Gears

Hello everyone, In this page, I will describe:

1. The definition of gear module, pitch circular diameter and the relationship between gear module, pitch circular diameter and number of teeth.

2. The relationship between gear ratio (speed ratio) and output speed, between gear ratio and torque for a pair of gears.

3. How I can design a better hand-squeezed fan, including the sketches

4. How my practical team arranged the gears provided in the practical to raise the water bottle, consisting of:

5. Calculation of the gear ratio (speed ratio)

6. The photo of the actual gear layout.

7. Calculation of the number of revolutions required to rotate the crank handle.

8. The video of the turning of the gears to lift the water bottle.

9. My Learning reflection on the gears activities.

To start off, here is my CPDD practical group! I will be stuck with them for every subsequent practical.

So what are gears?

They are basically wheels with teeth that works with other gears to transfer rotation and forces.

These are the definition of gear module, pitch circular diameter and the relationship between gear module, pitch circular diameter and number of teeth:

Gear module refers to the size of the gear teeth.

The unit is mm.

The larger a module number, the larger is the size of the teeth.

Gears that mesh together have the same module.

Pitch Circular Diameter is the imaginary circle that passes through the contact point between two meshing gears.

It represents the diameters of two friction rollers in contact and moves at the same linear velocity.

Gear module = pitch circular diameter / number of teeth

Below is the relationship between gear ratio (speed ratio) and output speed for a pair of gears.

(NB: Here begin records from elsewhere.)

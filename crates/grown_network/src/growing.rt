//! A network grows: nodes, then links, then trees.
ghost use Rattle.std.specs.Prelude.{◌≡◌, ◌≤◌, ◌<◌, ◌+◌, ◌-◌, ◌++◌, IfOk, OnOk};
ghost use Rattle.std.specs.List.{flat_map};
ghost use Rattle.tree_routing.specs.Answers.{no_net};
ghost use Rattle.grown_network.specs.Grown.{grown_net, net_with, tree_of};
ghost use Rattle.grown_network.specs.Growing.{AreApart, IsAtHome, TakesTree, hung_up_to, nodes_alone};
ghost use Rattle.grown_network.specs.Hosts.{senders};

use crate::hops::hops_away;
use crate::nodes::{NODES, above, address, down_end, end_of, up_end};
use rsvp_base::NoMemory;
use std::alloc::Global;
use tree_model::LocalSender;
use tree_routing::{HopErr, Routing, Topology};

// Adds the nodes.
fn add_nodes(topology: &mut Topology)
    requires { topology.old ≡ no_net }
    ensures { topology.new ≡ nodes_alone 64 }
{
    for _node in 0..NODES {
        let _ = topology.add_node();
    }
}

// Hangs a node on the one above it, behind those before it.
fn hang(topology: &mut Topology, node: u16) -> Result<(), NoMemory>
    requires range { (1 ≤ node) × (node < 64) }
    requires before { topology.old ≡ hung_up_to (node - 1) }
    ensures { OnOk result (topology.new ≡ hung_up_to node) }
{
    topology.add_end(end_of(above(node), address(node, 1)))?;
    topology.add_end(end_of(node, address(node, 2)))?;
    topology.add_link(down_end(node), up_end(node))
}

// Hangs all nodes.
fn hang_all(topology: &mut Topology) -> Result<(), NoMemory>
    requires { topology.old ≡ nodes_alone 64 }
    ensures { OnOk result (topology.new ≡ hung_up_to 63) }
{
    for node in 1..NODES {
        hang(topology, node)?;
    }
    Ok(())
}

// Adds the tree of a sender: all hops that lead away from its node.
fn add_tree(alloc: Global, topology: &mut Topology, sender: &LocalSender) -> Result<(), NoMemory>
    requires home { IsAtHome sender.now }
    requires takes { TakesTree topology.old sender.now }
    ensures { OnOk result (topology.new ≡ net_with (topology.old.hops ++ tree_of sender.now)) }
{
    let hops = hops_away(alloc, sender.node)?;
    for hop in hops.as_slice() {
        match topology.add_hop(sender.session.group, sender.sender.addr, hop.from, hop.to) {
            Ok(()) => {}
            Err(HopErr::NoMemory) => return Err(NoMemory),
            // The hops of a tree that leads away from a node grow it, and close no chain.
            Err(HopErr::NotTree) => unreachable!(),
            Err(HopErr::Loop { .. }) => unreachable!(),
        }
    }
    Ok(())
}

// Adds the trees of all senders.
fn add_trees(
    alloc: Global,
    topology: &mut Topology,
    senders: &[LocalSender],
) -> Result<(), NoMemory>
    requires hung { topology.old ≡ hung_up_to 63 }
    requires apart { AreApart senders.now }
    ensures { OnOk result (topology.new ≡ net_with (flat_map tree_of senders.now)) }
{
    for sender in senders {
        add_tree(alloc, topology, sender)?;
    }
    Ok(())
}

/// The routing of the network that grows for the senders of a seed. `NoMemory`: there was no room for it.
pub(crate) fn routing(alloc: Global, senders: &[LocalSender]) -> Result<Routing, NoMemory>
    requires { AreApart senders.now }
    ensures { IfOk result (λ routing. routing ≡ net_with (flat_map tree_of senders.now)) }
{
    let mut topology = Topology::new(alloc)?;
    add_nodes(&mut topology);
    hang_all(&mut topology)?;
    add_trees(alloc, &mut topology, senders)?;
    topology.close()
}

Gear Ratio = input speed / output speed

Speed Ratio = output speed/ input speed

Below is the relationship between gear ratio and torque for a pair of gears.

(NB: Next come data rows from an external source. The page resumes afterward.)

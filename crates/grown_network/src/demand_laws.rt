//! The laws.
ghost use Rattle.std.specs.Prelude.{ℕ};
ghost use Rattle.tree_model.specs.Goals.{DemandsFit};
ghost use Rattle.tree_model.specs.Networks.{Net};
ghost use Rattle.tree_model.specs.Wants.{Locals};
ghost use Rattle.grown_network.specs.GrownDemands.{GrownDemandsFit};
ghost use Rattle.grown_network.specs.Modest.{IsModest};

/// Where little is asked of a network the demands fit.
#[tactic(auto, using(crate::proofs::Modest::fits))]
pub fn modest_demands_fit()
    ensures { (net : Net) (l : Locals) → IsModest net l → DemandsFit net l }
{}

/// What is asked of a grown network fits, whatever the seed.
pub fn grown_demands_fit()
    ensures { GrownDemandsFit }
{}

When gear ratio increase, torque increases.

Activity 1: Lifting water using gears

Below are the description on how my practical team arranged the gears provided in the practical to raise the water bottle.

Calculation of the gear ratio (speed ratio):

40/30 40/20 20/40 30/40 30/30 40/30 40/40

Gear ratio = 40/30 x 40/20 x 20/40 x 30/40 x 30/30 x 40/30 x 40/40

= 4/3

= 1.33333333

The photo of the actual gear layout:

Calculation of the number of revolutions required to rotate the crank handle.

Diameter of the winch = 22 mm

Distance travelled by the output gear = Distance travelled by the water = 20cm =200mm

RPM2 = 200/22π = 2.89 rotations

Gear ratio = RPM1/RPM2

4/3 = RPM1/2.89 rotations

RPM1 = 4/3 x 2.89 rotations

= 3.853 rotations

Video of the turning of the gears to lift the water bottle:

From our video, the number of revolutions in the output wheel was approximately 3

Activity 2: hand powered fan

Video of the fan in action:

Below are the proposed design to make the hand-squeezed fan better:

1. the output gear can be smaller, and the input gear can be larger

this is so that one squeeze of the handle can have more rotations of the fan.

Calculations

original:

gear ratio = 10/20 x 9/20 x 9/20

= 0.101

speed ratio = 1/0.101

= 10.1

1 rotation of the output gear = 10.1 rotations of input gear

new:

gear ratio = 10/30 x 9/20 x 5/20

= 0.0375

speed ratio = 1/0.0375

= 26.66

1 rotation of the output gear = 26.66 rotations of input gear

2. A spring can be attached between the handle and the body of the fan

this is so that users need not pull the handle out after squeezing it to complete 1 rotation

My Learning Reflection on the gears activities:

Before this practical, I already sort of knew how gears work as they are everywhere in our daily lives. It was pretty obvious that a smaller gear would turn faster than a larger gear. However, what I did not know was that a smaller gear would have a lower torque as compared to a larger gear.

In the practical, I just did some of the questions that were unmarked in the first half. I then passed the remaining questions to Gayathri to complete and went to assemble the hand-squeezed fan with Redza. While all of this was happening, Enzo and Ryan did activity 1. We did this so as to save time so that we have enough time for the quiz at the end.

I felt that I should have read the instructions for both activities despite not participating in activity 1. We should have done calculations first in order to determine the best gear configuration. Enzo and Ryan set up the gears on the board right away when we could begin our experiment. Our group had a gear ratio of 1.333 which is okay as it is more than 1 but another group managed to get 26. This had taught me that planning ahead is more important than completing the experiment quickly.